From the Print Edition:
100 Years of Fuente—Celebrating a Family Dynasty, January/February 2012
Placing a big bet on America’s biggest game is on the rise. Super Bowl wagering in Nevada has been on a steady uptick for the past two years. After a drop during the 2007 to 2009 recession, it climbed to $82.7 million in 2010, and rose to almost $87.5 in the fiscal year that ended June 30, 2011. But that’s only part of the story. Offshore Super Bowl wagering has been climbing uninterrupted by the economy. An anonymous Costa Rican sports book owner told me that while the 2007 recession had a small impact on bets placed during the regular season, his Super Bowl business has risen annually for decades.
Since it was first played in 1967, the Super Bowl has evolved into the single biggest sports betting event of the year. There is no close second or third (at least until someone puts up a line on whether Kim Kardashian’s next marriage will last longer than 72 days), which is the main reason it’s the highest-rated television show every year.
I conservatively estimate that more than $8 billion will be illegally wagered on this year’s Super Bowl, with more than one half of the U.S. adult population having a bet on the game. This includes bets with U.S. and offshore bookmakers, wagers made over the Internet, office pools, person-to-person bets, and Super Bowl parties. And I think the legal wagering in Nevada will exceed last year’s $87.5 million handle.
Jay Kornegay, vice president of race and sports operations for the Las Vegas Hilton, expects proposition bets—wagers placed on which team or player will be first to score, number of field goals in the game, even the winner of the coin toss—to increase this year.
“In the past, proposition bets made up 10 percent of our overall Super Bowl handle,” Kornegay says. “Today it comprises 50 percent.” The public makes a slew of prop bets to help stay entertained throughout the game, and experts such as Kornegay are expecting more than 300 proposition bets this year, compared to only 25 to 50 in the past.
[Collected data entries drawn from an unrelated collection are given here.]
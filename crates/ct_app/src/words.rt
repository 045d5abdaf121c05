ghost use Rattle.std.specs.Prelude.{◌≡◌, ◌-◌, ◌^◌, ◌<◌, None, false, true, length, map, option_map};
ghost use Rattle.ct_app.specs.Calls.{list_sides, sides};
ghost use Rattle.ct_app.specs.Ends.{Ends, EndsList, ListEnds, history_entries};
ghost use Rattle.ct_app.specs.Reading.{ask_for_list};
ghost use Rattle.ct_app.specs.Run.{OthersStay};

use crate::Outcome;
use crate::folder::{Ran, run_folder, unrun};
use crate::list::list_folder;
use ct_args::{Task, read_words};
use ct_base::{Files, Name, Pair, Sink};
use ct_core::Gate;
use std::alloc::Global;
use std::sync::Wait;
use std::thread::Threads;

/// Reads the words, and runs the tests or puts the list that they ask for.
pub(crate) fn run_words<R: Threads + Wait + Sync, F: Files, G: Gate + Send, S: Sink + Send>(
    rt: &R,
    alloc: Global,
    words: &[Name],
    env: &[Pair],
    files: &mut F,
    gates: &mut [G],
    mut sink: S,
) -> Ran<S>
    requires few { length words.now < 2 ^ 32 - 1 }
    requires some { 0 < length gates.old }
    ensures run { ask_for_list words.now ≡ false → Ends (sides words.now env.now (F.tells files.old) (F.tells files.new) (map G.tells gates.old) (map G.tells gates.new) (S.tells sink) (S.tells result.sink) result.plan (option_map history_entries result.history)) result.names result.ended }
    ensures list { ask_for_list words.now ≡ true → EndsList (list_sides words.now (F.tells files.old) (F.tells files.new) (S.tells sink) (S.tells result.sink)) result.names result.ended }
    ensures unasked { ask_for_list words.now ≡ true → gates.new ≡ gates.old }
    ensures plan { ask_for_list words.now ≡ true → result.plan ≡ None }
    ensures history { ask_for_list words.now ≡ true → result.history ≡ None }
    ensures others { OthersStay result.plan gates.old gates.new }
{
    match read_words(alloc, words) {
        Ok(invocation) => match invocation.task {
            Task::Run => run_folder(rt, alloc, invocation, env, files, gates, sink),
            Task::ListTests | Task::ListLabels | Task::ListJson => {
                let outcome = list_folder(alloc, invocation, files, &mut sink);
                unrun(alloc, outcome, sink)
            }
        },
        Err(fault) => unrun(alloc, Outcome::from(fault), sink),
    }
}

/// Reads the words, and puts the list that they ask for; for a run, the list of its tests.
pub(crate) fn list_words<F: Files, S: Sink>(
    alloc: Global,
    words: &[Name],
    files: &mut F,
    sink: &mut S,
) -> Outcome
    requires { length words.now < 2 ^ 32 - 1 }
    ensures { ListEnds (list_sides words.now (F.tells files.old) (F.tells files.new) (S.tells sink.old) (S.tells sink.new)) result }
{
    match read_words(alloc, words) {
        Ok(invocation) => list_folder(alloc, invocation, files, sink),
        Err(fault) => Outcome::from(fault),
    }
}
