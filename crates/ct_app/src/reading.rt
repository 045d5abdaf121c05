ghost use Rattle.std.specs.Prelude.{◌≡◌, IfOk, IfErr};
ghost use Rattle.ct_app.specs.Ends.{HasTests, IsReadList, IsUnread, IsUnreadList};
ghost use Rattle.ct_app.specs.Outcome.{name_there, names_at as names_of};
ghost use Rattle.ct_props.specs.Numbered.{at_number as stands_at};

use crate::Outcome;
use crate::props::{Tests, at_number, read_props};
use crate::rerun::read_only;
use ct_args::Invocation;
use ct_base::{Files, List, Name, NoMemory, TestDef};
use ct_testfile::read_tree;
use std::alloc::Global;

/// Reads the tests of the folder that an invocation names, and their properties.
///
/// A test file or a property that is refused, a fault of the files, or want of memory is the outcome
/// of the call. The files stay as they are.
///
/// Source: CMake manual, cmake-properties(7), Properties on Tests.
#[tactic(auto, using(crate::proofs::ReadLemmas::unread_props, crate::proofs::ReadLemmas::unread_tree))]
pub fn read_tests<F: Files>(
    alloc: Global,
    files: &mut F,
    invocation: &Invocation,
) -> Result<Tests, Outcome>
    ensures ok { IfOk result (λ tests. HasTests invocation.now (F.tells files.old) (F.tells files.new) tests) }
    ensures err { IfErr result (IsUnread invocation.now (F.tells files.old) (F.tells files.new)) }
{
    let defs = read_tree(alloc, files, &invocation.wanted.dir, &invocation.config)?;
    let props = read_props(alloc, defs.as_slice())?;
    Ok(Tests { defs, props })
}

/// What is read for a list.
#[derive(Drop)]
pub(crate) struct ListFolder {
    pub(crate) tests: Tests,
    /// The names that the list is limited to, if the words ask for the tests that failed last.
    pub(crate) only: Option<List<Name>>,
}

/// Reads the tests of a list, and the names that the list is limited to, if any.
#[tactic(auto, using(crate::proofs::ReadLemmas::read_listed, crate::proofs::ReadLemmas::unread_listed, crate::proofs::ReadLemmas::unread_only))]
pub(crate) fn read_listed<F: Files>(
    alloc: Global,
    files: &mut F,
    invocation: &Invocation,
) -> Result<ListFolder, Outcome>
    ensures ok { IfOk result (λ folder. IsReadList invocation.now (F.tells files.old) (F.tells files.new) folder.tests folder.only) }
    ensures err { IfErr result (IsUnreadList invocation.now (F.tells files.old) (F.tells files.new)) }
{
    let tests = read_tests(alloc, files, invocation)?;
    let only = read_only(alloc, files, invocation.rerun, &invocation.wanted.dir)?;
    Ok(ListFolder { tests, only })
}

/// Copies the names of the tests with these numbers.
pub(crate) fn names_at(
    alloc: Global,
    defs: &[TestDef],
    numbers: &[u32],
) -> Result<List<Name>, NoMemory>
    ensures { IfOk result (λ names. names ≡ names_of defs.now numbers.now) }
{
    let mut names = List::new(alloc);
    for number in numbers {
        names.push(name_at(alloc, defs, *number)?)?;
    }
    Ok(names)
}

fn name_at(alloc: Global, defs: &[TestDef], number: u32) -> Result<Name, NoMemory>
    ensures { IfOk result (λ name. name ≡ name_there (stands_at defs.now number)) }
{
    match at_number(defs, number) {
        Some(def) => def.name.copy(alloc),
        None => Name::of(alloc, b""),
    }
}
The world of sports betting has been completely transformed over the past 40 years. In 1969, there were only 12 sports books in Nevada with a total betting handle of $395,000. Now the number has grown to 187 sports books. Last year they managed more than $2.7 billion in bets, close to half of it (44.4 percent) wagered on college and pro football.
Breaking those numbers down further, it’s the Super Bowl that is leading the betting mania. “People bet 10 times as much on the Super Bowl as they would on any other game,” says Robert Walker, the former Race and Sports Book Director of the MGM Mirage Group, the biggest sports book chain in Nevada.
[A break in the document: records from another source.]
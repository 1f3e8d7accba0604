//! A test of the port against clients in the same thread.
use super::*;
use std::io::Read;
use std::test::Fail;

// A port that nobody listens on.
fn free_port(rt: &HostRuntime) -> io::Result<u16> {
    Ok(TcpListener::bind(rt, "127.0.0.1:0")?.local_addr()?.port())
}

#[test]
fn takes_one_connection_after_the_other(rt: HostRuntime) -> Result<(), Fail> {
    let port = free_port(&rt)?;
    let mut link = HostListener::new(&rt, port);
    let mut bytes = [0u8; 8];
    // Nobody is there: a frame is lost, and a second is quiet.
    assert!(rt; link.send(b"lost").is_ok());
    assert_eq!(rt; link.recv(&mut bytes).ok(), Some(0));

    let mut first = TcpStream::connect(&rt, ("127.0.0.1", port))?;
    first.write_all(b"one")?;
    assert_eq!(rt; link.recv(&mut bytes).ok(), Some(3));
    assert!(rt; link.send(b"answer").is_ok());
    first.read_exact(&mut bytes[..6])?;
    assert_eq!(rt; bytes, *b"answer\0\0");
    assert_eq!(rt; link.recv(&mut bytes).ok(), Some(0));

    // It leaves, which the next call that hears finds, and another one is taken.
    drop(first);
    let mut second = TcpStream::connect(&rt, ("127.0.0.1", port))?;
    second.write_all(b"second")?;
    assert_eq!(rt; link.recv(&mut bytes).ok(), Some(0));
    assert_eq!(rt; link.recv(&mut bytes).ok(), Some(6));
    assert_eq!(rt; bytes, *b"second\0\0");

    // It leaves, and frames for it are lost; then a third one is taken.
    drop(second);
    for _ in 0..4 {
        assert!(rt; link.send(b"gone").is_ok());
    }
    assert_eq!(rt; link.recv(&mut bytes).ok(), Some(0));
    let mut third = TcpStream::connect(&rt, ("127.0.0.1", port))?;
    third.write_all(b"third")?;
    assert_eq!(rt; link.recv(&mut bytes).ok(), Some(5));
    assert!(rt; link.send(b"answer").is_ok());
    third.read_exact(&mut bytes[..6])?;
    assert_eq!(rt; bytes, *b"answer\0\0");
    Ok(())
}

#[test]
fn a_port_in_use_is_a_fault(rt: HostRuntime) -> Result<(), Fail> {
    let holder = TcpListener::bind(&rt, "127.0.0.1:0")?;
    let mut link = HostListener::new(&rt, holder.local_addr()?.port());
    assert!(rt; link.send(b"frame").is_err());
    assert!(rt; link.recv(&mut [0; 4]).is_err());
    Ok(())
}
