// Start on registers: an operation begins.
#![tactic(auto)]

ghost use Rattle.std.specs.Prelude.{◌≡◌, true, cond};
ghost use Rattle.model.specs.Kinds.{is_read};
ghost use Rattle.model.specs.Rights.{readable_words};
ghost use Rattle.model.specs.Steps.{start_answer, starts, progress_after, started, start};
ghost use Rattle.registers.specs.Registers.{decode, stands_for, put_progress, put};
ghost use Rattle.calls.specs.Calls.{told_answer, start_in};
ghost use Rattle.operations.specs.Starting.{Begins};

use model::{Answer, Operation, Refusal};
use registers::Registers;

// Checks 1 to 4.
#[tactic(auto, using(crate::proofs::Left::start_unready, crate::proofs::Left::start_ready))]
fn start_answer(s: &Registers) -> Answer
    ensures { result ≡ start_answer (decode s.now) }
{
    validity::ready(s)?;
    refusals::check(registers::progress(s).is_some(), Err(Refusal::Busy))
}

fn starts(o: Operation, answer: Answer) -> bool
    ensures { result ≡ starts o answer }
{
    let accepted = refusals::accepts(answer);
    let denied = answers::is_denied_read(o, answer);
    accepted | denied
}

// How many words of what starts are readable; 0 unless it reads.
#[tactic(auto, using(model::proofs::DeniedReads::started_asked, model::proofs::DeniedReads::readable_by_answer))]
fn readable(s: &Registers, o: Operation, answer: Answer) -> u32
    requires { Begins s.now o answer × (starts o answer ≡ true) }
    ensures { result ≡ cond (is_read o) (readable_words (stands_for s.now).setup o) 0 }
{
    if places::is_read(o) {
        return answers::readable(s, o, answer);
    }
    0
}

// What starts is in progress.
#[tactic(auto, using(crate::proofs::Left::begin_starts, crate::proofs::Left::begin_stays))]
fn begin(s: &mut Registers, o: Operation, answer: Answer)
    requires { Begins s.old o answer }
    ensures { s.new ≡ put_progress s.old (progress_after (stands_for s.old) o answer) }
{
    if starts(o, answer) {
        let words = readable(s, o, answer);
        registers::put_running(s, o, words);
    }
}

// What checks 5, 7, 8 and 9 leave: a refusal is recorded, and what starts is in progress.
#[tactic(auto, using(crate::proofs::Left::begin_records))]
fn started(s: &mut Registers, o: Operation, answer: Answer)
    requires { Begins s.old o answer }
    ensures { s.new ≡ put s.old (started (stands_for s.old) o answer).controller }
{
    let errors = answers::recorded(s, o, answer);
    begin(s, o, answer);
    registers::put_errors(s, errors);
}

#[tactic(auto, using(crate::proofs::Left::start_early))]
pub fn start(s: &mut Registers, o: Operation) -> Answer
    ensures answer { result ≡ (start (decode s.old) o).answer }
    ensures left { record { told = told_answer result; registers = s.new } ≡ start_in s.old o }
{
    let first = start_answer(s);
    match first {
        Err(refusal) => Err(refusal),
        Ok(()) => {
            let told = answers::operation_answer(s, o);
            started(s, o, told);
            told
        }
    }
}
Some of those bets are made in advance, of course, but the biggest action comes on the big day. One of the largest offshore sports book owners told me that 95 percent of his Super Bowl action comes on the day of the game. “The phones never stop ringing. Everyone handling phone bets eats at their desk that day from sun up until the halftime wagering is over,” he says. Sounds like a job cholesterol-challenged coaches Rex and Rob Ryan would be wise to avoid.
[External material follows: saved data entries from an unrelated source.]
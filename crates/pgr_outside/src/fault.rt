use std::alloc::{AllocError, AllocFailed};
use thiserror::Error;

/// Memory was wanting: the one answer that is free to come, and that is merged with no other.
#[derive(Clone, Copy, Debug, PartialEq, Eq, Drop, Error)]
#[error("want of memory")]
pub struct NoMemory;

impl From<AllocError> for NoMemory {
    fn from(_: AllocError) -> NoMemory {
        NoMemory
    }
}

impl<T: Drop> From<AllocFailed<T>> for NoMemory {
    fn from(_: AllocFailed<T>) -> NoMemory {
        NoMemory
    }
}

/// A write failed outside: it comes only where the sink's count of faults rose.
#[derive(Clone, Copy, Debug, PartialEq, Eq, Drop, Error)]
#[error("write failed")]
pub struct Failed;

/// Why a read of a store gave nothing.
#[derive(Clone, Copy, Debug, PartialEq, Eq, Drop, Error)]
pub enum StoreFault {
    /// The read failed outside: only where the asked name's count of faults rose.
    #[error("read failed")]
    Failed,
    /// Memory was wanting.
    #[error("want of memory")]
    Memory,
}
At press time Cigar Aficionado did not know which teams would compete in Super Bowl XLVI, but we can give you some tips on how to bet the game. I have correctly picked the last 10 Super Bowl pointspread winners, nine of the last 10 totals, and nine straight halftime lines (I did not pick last year’s halftime line). Follow the four rules listed here and they will help you wager correctly and win money on the Super Bowl.
Rule No. 1 Ignore the point spread, as it is practically a nonfactor. The winner of the Super Bowl has failed to beat the spread only six times. (Green Bay was giving three last year against Pittsburgh, and they won the game and beat the spread, the same as in 2010, when the Saints, who were four-point underdogs, beat the spread and the Colts.) That’s a record of 36-6-3, an amazing 88 percent. So wager on who you think will win the game. Super Bowl favorites are 23-19-3, so there are no trends there.